| Your instructions |
What is the number of lines in the data that include the string "value"? Give it by itself.

Stored items:
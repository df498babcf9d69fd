//! A map that threads share: what its lanes tell.

ghost use Rattle.std.specs.Prelude.{IfOk};
ghost use Rattle.durable_map.specs.Sharing.{IsSharedMap};
ghost use Rattle.durable_map.specs.Stores.{IsOpenMap};

use crate::map::{SETUP, bytes, disk};
use durable_map::{DurableMap, MapCall, MapTold, SharedMap};
use segment_disk::MemDisk;
use std::alloc::Global;
use std::process::Abort;
use std::sync::Wait;
use std::test::Fail;
use wal_log::Setup;

const KEYS: u8 = 8;

// A map in which each key has its number, for so many passes.
fn filled<R: Wait>(rt: &R, alloc: Global, passes: u32) -> Result<DurableMap<MemDisk>, Fail>
    ensures { IfOk result IsOpenMap }
{
    let setup = Setup { passes, ..SETUP };
    let Ok(mut map) = DurableMap::open(alloc, disk(alloc, 0)?, setup) else {
        return Err(Fail::from("a map"));
    };
    for key in 0..KEYS {
        if map.set(rt, &[key], bytes(alloc, &[key])?).is_err() {
            return Err(Fail::from("a set"));
        }
    }
    Ok(map)
}

// A call of a key in each of three rounds: it is looked up, set to 100 and more, and looked up.
fn call_of(alloc: Global, round: u8, key: u8) -> Result<MapCall, Fail> {
    let bytes_of_key = bytes(alloc, &[key])?;
    if round == 1 {
        let value = bytes(alloc, &[key.saturating_add(100)])?;
        return Ok(MapCall::Set {
            key: bytes_of_key,
            value,
        });
    }
    Ok(MapCall::Get { key: bytes_of_key })
}

// Whether a call was told what it should.
fn is_told(round: u8, key: u8, told: Option<MapTold>) -> bool {
    match told {
        Some(MapTold::Changed(Ok(_))) => round == 1,
        Some(MapTold::Value(Some(value))) => match round {
            0 => value.as_slice() == [key].as_slice(),
            2 => value.as_slice() == [key.saturating_add(100)].as_slice(),
            _ => false,
        },
        _ => false,
    }
}

// All calls, and the lane of each.
fn ask_all(alloc: Global, map: &mut SharedMap<MemDisk>) -> Result<Vec<(u8, u8, usize)>, Fail>
    requires { IsSharedMap map.old }
    ensures { IfOk result (λ asked. IsSharedMap map.new) }
{
    let mut asked = Vec::new(alloc);
    for number in 0..3 * KEYS {
        let (round, key) = (number / KEYS, number % KEYS);
        let lane = map.ask(call_of(alloc, round, key)?)?;
        asked.push((round, key, lane))?;
    }
    Ok(asked)
}

// Keys that were there are dealt to the lanes, and each lane answers in the order in which it was
// asked: for one lane, for some, and for one lane a pass where more are asked for.
#[test]
fn lanes_answer_in_their_order(rt: HostRuntime) -> Result<(), Fail> {
    let alloc = rt.alloc();
    for (passes, lanes) in [(1, 1), (1, 3), (4, 3), (4, 9)] {
        let mut map = filled(&rt, alloc, passes)?.share(lanes)?;
        let asked = ask_all(alloc, &mut map)?;
        map.work(&rt);
        for (round, key, lane) in asked.iter() {
            let told = map.told(*lane);
            assert!(rt;
                is_told(*round, *key, told),
                "{round} of {key}, {lanes} lanes"
            );
        }
    }
    Ok(())
}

| Expected answer |
5